Obscure Questions

Introduction

In this project we will develop a system to answer obscure questions. For our purposes, an obscure question is one that the LLM usually cannot answer correctly without some help. So, you will also implement a retrieval augmented generation (RAG) system that combines both TF-IDF and neural embeddings to retrieve documents that relevant to the question.

The Dataset of Documents

We have built a subset of English Wikipedia articles that mention the term “Northeastern University”.1 You can load this dataset as follows:

from datasets import load_dataset

dataset = load_dataset("nuprl/engineering-llm-systems", name="wikipedia-northeastern-university", split="test")

You may think that all mentions of Northeastern University have something to do with the university, but that is not the case. The dataset includes articles that merely cite scholarly work from Northeastern students and faculty. E.g., there are several articles that mention “Northeastern University Press”. Nevertheless, this makes it a more interesting dataset to work with.

The Obscure Questions

From these articles, we built a dataset of obscure questions in three steps:

  1. We prompted gpt4o-mini to generate 1-3 multiple choice questions from each article that have something to do with Northeastern University. We stated that the wrong answers should seem plausible.

  2. We then prompted gpt4o-mini to answer each question without seeing the article and excluded the questions that it got right.

  3. We stopped after a few hours and only got half way through the documents.

The questions that remain are the ones we deem obscure questions. We are working with Llama 3.1 8B Instruct, and its safe to assume that are obscure for gpt4o-mini are likely obscure for Llama 3.1 8B Instruct as well.

You can load all the obscure questions dataset as follows:

from datasets import load_dataset

dataset = load_dataset("nuprl/engineering-llm-systems", config_name="obscure_questions", split="test")

We have also constructed a subset of 50 obscure questions:

from datasets import load_dataset

dataset = load_dataset("nuprl/engineering-llm-systems", config_name="obscure_questions", split="tiny")

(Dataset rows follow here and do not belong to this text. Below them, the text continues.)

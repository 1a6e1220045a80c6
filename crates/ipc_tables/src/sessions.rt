//! The rows of sessions.

ghost use Rattle.std.specs.Prelude.{◌≡◌, ◌^◌, ◌<◌, [], ◌∷◌, ◌++◌, false, length, None, option_and_then, OnOk, OnErr};
ghost use Rattle.ipc_terms.specs.Lists.{changed};
ghost use Rattle.ipc_tables.specs.Steps.{first_row, with_mask, with_parked, hung_up};
ghost use Rattle.ipc_tables.specs.TablesView.{live_at, live_session, parked_on_at};

use crate::rows::Session;
use ipc_containers::Numbered;
use ipc_terms::{Mode, NoMemory, Sid, Uid};
use std::alloc::Global;
use std::marker::Model;
use std::snapshot::Snapshot;

/// The mask of a session that has set none: octal 022.
const FIRST_MASK: Mode = Mode(0o22);

/// What became of the sessions. Proofs alone read it; nothing of it is kept at run time.
#[derive(Drop)]
enum Past {
    /// None started yet.
    Nothing,
    /// After all else a session of this user started.
    Started(Snapshot<Uid>, Snapshot<Snapshot<Past>>),
    /// After all else this session got this mask.
    Masked(Snapshot<Sid>, Snapshot<Mode>, Snapshot<Snapshot<Past>>),
    /// After all else the call of this session was parked on this object, or on none.
    Parked(Snapshot<Sid>, Snapshot<Option<u64>>, Snapshot<Snapshot<Past>>),
    /// After all else this session ended.
    Ended(Snapshot<Sid>, Snapshot<Snapshot<Past>>),
}

/// The sessions. Those that are live stand at their numbers; nothing is kept of one that ended but in proofs.
#[derive(Drop)]
pub(crate) struct Sessions {
    rows: Numbered<Session>,
    past: Snapshot<Past>,
}

impl Model for Sessions {
    ghost use Rattle.std.specs.Prelude.{◌≡◌, List, map};
    ghost use Rattle.ipc_tables.specs.declared.rows.Session.{Session};
    ghost use Rattle.ipc_tables.specs.Sessions.{sessions_of, NoneEndedIsParked};
    ghost use Rattle.ipc_tables.specs.TablesView.{live_row};

    ghost Value = { List Session };

    ghost view = { λ a. sessions_of a.past.value };

    ghost invariant = { λ a. (a.rows ≡ map live_row (sessions_of a.past.value)) × NoneEndedIsParked (sessions_of a.past.value) };
}

impl Sessions {
    /// No sessions. Takes no memory.
    pub(crate) fn new(alloc: Global) -> Self
        ensures { result ≡ [] }
    {
        Sessions {
            rows: Numbered::new(alloc),
            past: Snapshot::of(&Past::Nothing),
        }
    }

    /// The session of the number, while it is live. One that ended isn't parked.
    pub(crate) fn get(&self, sid: Sid) -> Option<Session>
        ensures live { result ≡ live_session self.now sid.0 }
        ensures parked { option_and_then (λ row. row.parked_on) result ≡ parked_on_at self.now sid.0 }
    {
        self.rows.get(sid.0 as usize).copied()
    }

    /// How many sessions ever started.
    pub(crate) fn len(&self) -> usize
        ensures { result ≡ length self.now }
    {
        self.rows.next_number()
    }

    /// Starts a session of the user. An `Err` changes nothing.
    pub(crate) fn start(&mut self, user: Uid) -> Result<(), NoMemory>
        ensures ok { OnOk result (self.new ≡ self.old ++ first_row user ∷ []) }
        ensures err { OnErr result (self.new ≡ self.old) }
    {
        self.rows.push(Session {
            user,
            mask: FIRST_MASK,
            is_live: true,
            parked_on: None,
        })?;
        self.past = Snapshot::of(&Past::Started(Snapshot::of(&user), Snapshot::of(&self.past)));
        Ok(())
    }

    /// Gives the session this mask, if there is one.
    pub(crate) fn set_mask(&mut self, sid: Sid, mask: Mode)
        ensures { self.new ≡ changed (with_mask mask) self.old sid.0 }
    {
        if let Some(row) = self.rows.get_mut(sid.0 as usize) {
            row.mask = mask;
        }
        self.past = Snapshot::of(&Past::Masked(
            Snapshot::of(&sid),
            Snapshot::of(&mask),
            Snapshot::of(&self.past),
        ));
    }

    /// The call of the session, which is live, is parked on this object; or that of any is parked on none.
    pub(crate) fn set_parked(&mut self, sid: Sid, object: Option<u64>)
        requires { live_at self.old sid.0 ≡ false → object ≡ None }
        ensures { self.new ≡ changed (with_parked object) self.old sid.0 }
    {
        if let Some(row) = self.rows.get_mut(sid.0 as usize) {
            row.parked_on = object;
        }
        self.past = Snapshot::of(&Past::Parked(
            Snapshot::of(&sid),
            Snapshot::of(&object),
            Snapshot::of(&self.past),
        ));
    }

    /// Ends the session, which isn't parked.
    pub(crate) fn end(&mut self, sid: Sid)
        requires { parked_on_at self.old sid.0 ≡ None }
        ensures { self.new ≡ changed hung_up self.old sid.0 }
    {
        self.rows.take(sid.0 as usize);
        self.past = Snapshot::of(&Past::Ended(Snapshot::of(&sid), Snapshot::of(&self.past)));
    }
}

You should get at least 40% of the tiny split correct, but we encourage you to try to get more right, or even try the full test split.

Implementation Task

You may use Generative AI for this assignment, but be careful. There are lots of little decisions to make that can significantly affect the results. Make sure you fully understand any LLM-generated code that you use.

  1. You should implement a function with the following signature:

    from typing import List
    
    def answer_query(question: str, choices: List[str], documents: List[str]) -> str:
        """
        Answers a multiple choice question using retrieval augmented generation.
    
        `question` is the text of the question. `choices` is the list of choices
         with leading letters. For example:
    
         ```
         ["A. Choice 1", "B. Choice 2", "C. Choice 3", "D. Choice 4"]
         ```
    
         `documents` is the list of documents to use for retrieval augmented
         generation.
    
         The result should be the just the letter of the correct choice, e.g.,
         `"A"` but not `"A."` and not `"A. Choice 1"`.
         """
         ...
    
  2. You should submit a notebook where you use answer_query to benchmark its accuracy on tiny subset of obscure questions.

Suggested Approach

At a high-level, you will implement non-neural retrieval followed by neural re-ranking. We recommend starting with TF-IDF for the retriever followed by a BERT-based re-ranker. These are in the class notes.

However, feel free to get creative. Some things you might consider:

  1. Consider removing stop words from the queries. You can do this with a regular expression or with Spacy.

  2. In class, we cached IDF scores. Consider caching the TF scores well.

  3. Consider feeding the LLM the top N documents after re-ranking.

  4. You will need to chunk the documents for them to fit in the LLM context. Try to chunk better.

Speech and Language Processing has a chapter on RAG that I recommend reading for ideas on how to do better.

  1. These documents are a subset of this dump of Wikipedia.